_Work task_
Please return each record exactly, leaving nothing out.

_Exercise data_
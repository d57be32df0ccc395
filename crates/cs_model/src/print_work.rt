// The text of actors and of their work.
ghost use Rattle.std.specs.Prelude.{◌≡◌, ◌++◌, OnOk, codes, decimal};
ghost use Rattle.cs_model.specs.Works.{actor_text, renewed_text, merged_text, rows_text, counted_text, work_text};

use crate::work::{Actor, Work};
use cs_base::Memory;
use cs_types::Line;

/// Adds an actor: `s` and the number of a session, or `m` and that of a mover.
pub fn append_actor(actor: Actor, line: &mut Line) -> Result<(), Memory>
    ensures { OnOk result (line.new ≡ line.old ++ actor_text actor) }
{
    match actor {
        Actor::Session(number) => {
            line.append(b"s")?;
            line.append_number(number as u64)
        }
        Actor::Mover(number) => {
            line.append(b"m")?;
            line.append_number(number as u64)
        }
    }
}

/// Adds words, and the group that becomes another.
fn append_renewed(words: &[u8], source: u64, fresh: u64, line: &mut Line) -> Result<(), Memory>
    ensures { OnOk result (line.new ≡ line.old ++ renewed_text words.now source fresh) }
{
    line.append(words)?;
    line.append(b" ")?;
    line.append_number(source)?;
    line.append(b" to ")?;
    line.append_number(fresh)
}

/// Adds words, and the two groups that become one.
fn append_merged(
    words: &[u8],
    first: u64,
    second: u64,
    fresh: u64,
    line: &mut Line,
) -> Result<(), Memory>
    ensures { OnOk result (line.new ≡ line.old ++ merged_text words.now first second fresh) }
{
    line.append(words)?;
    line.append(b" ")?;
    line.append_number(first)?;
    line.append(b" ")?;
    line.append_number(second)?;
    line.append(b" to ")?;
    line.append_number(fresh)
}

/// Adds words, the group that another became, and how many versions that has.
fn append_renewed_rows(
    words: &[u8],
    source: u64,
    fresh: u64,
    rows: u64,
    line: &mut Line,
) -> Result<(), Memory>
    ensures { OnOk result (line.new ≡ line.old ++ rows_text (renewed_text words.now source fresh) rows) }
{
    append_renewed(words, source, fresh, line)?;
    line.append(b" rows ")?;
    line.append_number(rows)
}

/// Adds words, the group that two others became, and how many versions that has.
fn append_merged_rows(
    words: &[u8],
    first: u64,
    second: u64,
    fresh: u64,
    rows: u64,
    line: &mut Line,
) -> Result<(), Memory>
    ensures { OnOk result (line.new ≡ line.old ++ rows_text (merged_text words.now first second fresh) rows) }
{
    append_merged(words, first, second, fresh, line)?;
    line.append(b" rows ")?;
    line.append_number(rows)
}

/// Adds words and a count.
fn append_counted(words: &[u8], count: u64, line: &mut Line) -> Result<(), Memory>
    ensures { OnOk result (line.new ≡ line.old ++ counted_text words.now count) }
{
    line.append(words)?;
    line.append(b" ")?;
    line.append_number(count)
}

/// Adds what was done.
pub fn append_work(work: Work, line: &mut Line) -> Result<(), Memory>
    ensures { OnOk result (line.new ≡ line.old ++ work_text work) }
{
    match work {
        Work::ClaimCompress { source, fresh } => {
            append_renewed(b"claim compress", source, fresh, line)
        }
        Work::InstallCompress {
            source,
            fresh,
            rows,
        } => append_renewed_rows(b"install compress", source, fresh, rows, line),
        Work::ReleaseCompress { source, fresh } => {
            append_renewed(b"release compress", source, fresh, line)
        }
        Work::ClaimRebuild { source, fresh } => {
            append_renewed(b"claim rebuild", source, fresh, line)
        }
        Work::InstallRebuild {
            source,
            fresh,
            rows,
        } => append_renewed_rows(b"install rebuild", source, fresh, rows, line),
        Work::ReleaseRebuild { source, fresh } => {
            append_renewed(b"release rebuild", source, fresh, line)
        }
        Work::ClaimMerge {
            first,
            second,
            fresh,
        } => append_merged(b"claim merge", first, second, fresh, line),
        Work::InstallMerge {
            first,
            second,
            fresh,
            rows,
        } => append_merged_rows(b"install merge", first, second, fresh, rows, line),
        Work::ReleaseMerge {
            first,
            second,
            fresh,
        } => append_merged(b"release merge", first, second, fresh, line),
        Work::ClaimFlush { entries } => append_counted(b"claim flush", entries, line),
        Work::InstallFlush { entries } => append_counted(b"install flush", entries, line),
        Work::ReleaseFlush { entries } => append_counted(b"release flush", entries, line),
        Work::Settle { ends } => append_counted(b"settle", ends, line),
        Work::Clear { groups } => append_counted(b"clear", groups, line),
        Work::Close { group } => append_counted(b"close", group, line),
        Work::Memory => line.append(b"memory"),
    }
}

_Task answer_
repository d57be32df0ccc395
filename crates/cs_model/src/print_work.rt
// The text of actors and of their work.
ghost use Rattle.std.specs.Prelude.{◌≡◌, ◌++◌, OnOk, codes, decimal};
ghost use Rattle.cs_model.specs.Works.{actor_text, renewed_text, merged_text, rows_text, counted_text, work_text};

use crate::work::{Actor, Work};
use cs_base::Memory;
use cs_types::Line;

/// Adds an actor: `s` and the number of a session, or `m` and that of a mover.
pub fn append_actor(actor: Actor, line: &mut Line) -> Result<(), Memory>
    ensures { OnOk result (line.new ≡ line.old ++ actor_text actor) }
{
    match actor {
        Actor::Session(number) => {
            line.append(b"s")?;
            line.append_number(number as u64)
        }
        Actor::Mover(number) => {
            line.append(b"m")?;
            line.append_number(number as u64)
        }
    }
}

/// Adds words, and the group that becomes another.
fn append_renewed(words: &[u8], source: u64, fresh: u64, line: &mut Line) -> Result<(), Memory>
    ensures { OnOk result (line.new ≡ line.old ++ renewed_text words.now source fresh) }
{
    line.append(words)?;
    line.append(b" ")?;
    line.append_number(source)?;
    line.append(b" to ")?;
    line.append_number(fresh)
}

/// Adds words, and the two groups that become one.
fn append_merged(
    words: &[u8],
    first: u64,
    second: u64,
    fresh: u64,
    line: &mut Line,
) -> Result<(), Memory>
    ensures { OnOk result (line.new ≡ line.old ++ merged_text words.now first second fresh) }
{
    line.append(words)?;
    line.append(b" ")?;
    line.append_number(first)?;
    line.append(b" ")?;
    line.append_number(second)?;
    line.append(b" to ")?;
    line.append_number(fresh)
}

/// Adds words, the group that another became, and how many versions that has.
fn append_renewed_rows(
    words: &[u8],
    source: u64,
    fresh: u64,
    rows: u64,
    line: &mut Line,
) -> Result<(), Memory>
    ensures { OnOk result (line.new ≡ line.old ++ rows_text (renewed_text words.now source fresh) rows) }
{
    append_renewed(words, source, fresh, line)?;
    line.append(b" rows ")?;
    line.append_number(rows)
}

/// Adds words, the group that two others became, and how many versions that has.
fn append_merged_rows(
    words: &[u8],
    first: u64,
    second: u64,
    fresh: u64,
    rows: u64,
    line: &mut Line,
) -> Result<(), Memory>
    ensures { OnOk result (line.new ≡ line.old ++ rows_text (merged_text words.now first second fresh) rows) }
{
    append_merged(words, first, second, fresh, line)?;
    line.append(b" rows ")?;
    line.append_number(rows)
}

/// Adds words and a count.
fn append_counted(words: &[u8], count: u64, line: &mut Line) -> Result<(), Memory>
    ensures { OnOk result (line.new ≡ line.old ++ counted_text words.now count) }
{
    line.append(words)?;
    line.append(b" ")?;
    line.append_number(count)
}

/// Adds what was done.
pub fn append_work(work: Work, line: &mut Line) -> Result<(), Memory>
    ensures { OnOk result (line.new ≡ line.old ++ work_text work) }
{
    match work {
        Work::ClaimCompress { source, fresh } => {
            append_renewed(b"claim compress", source, fresh, line)
        }
        Work::InstallCompress {
            source,
            fresh,
            rows,
        } => append_renewed_rows(b"install compress", source, fresh, rows, line),
        Work::ReleaseCompress { source, fresh } => {
            append_renewed(b"release compress", source, fresh, line)
        }
        Work::ClaimRebuild { source, fresh } => {
            append_renewed(b"claim rebuild", source, fresh, line)
        }
        Work::InstallRebuild {
            source,
            fresh,
            rows,
        } => append_renewed_rows(b"install rebuild", source, fresh, rows, line),
        Work::ReleaseRebuild { source, fresh } => {
            append_renewed(b"release rebuild", source, fresh, line)
        }
        Work::ClaimMerge {
            first,
            second,
            fresh,
        } => append_merged(b"claim merge", first, second, fresh, line),
        Work::InstallMerge {
            first,
            second,
            fresh,
            rows,
        } => append_merged_rows(b"install merge", first, second, fresh, rows, line),
        Work::ReleaseMerge {
            first,
            second,
            fresh,
        } => append_merged(b"release merge", first, second, fresh, line),
        Work::ClaimFlush { entries } => append_counted(b"claim flush", entries, line),
        Work::InstallFlush { entries } => append_counted(b"install flush", entries, line),
        Work::ReleaseFlush { entries } => append_counted(b"release flush", entries, line),
        Work::Settle { ends } => append_counted(b"settle", ends, line),
        Work::Clear { groups } => append_counted(b"clear", groups, line),
        Work::Close { group } => append_counted(b"close", group, line),
        Work::Memory => line.append(b"memory"),
    }
}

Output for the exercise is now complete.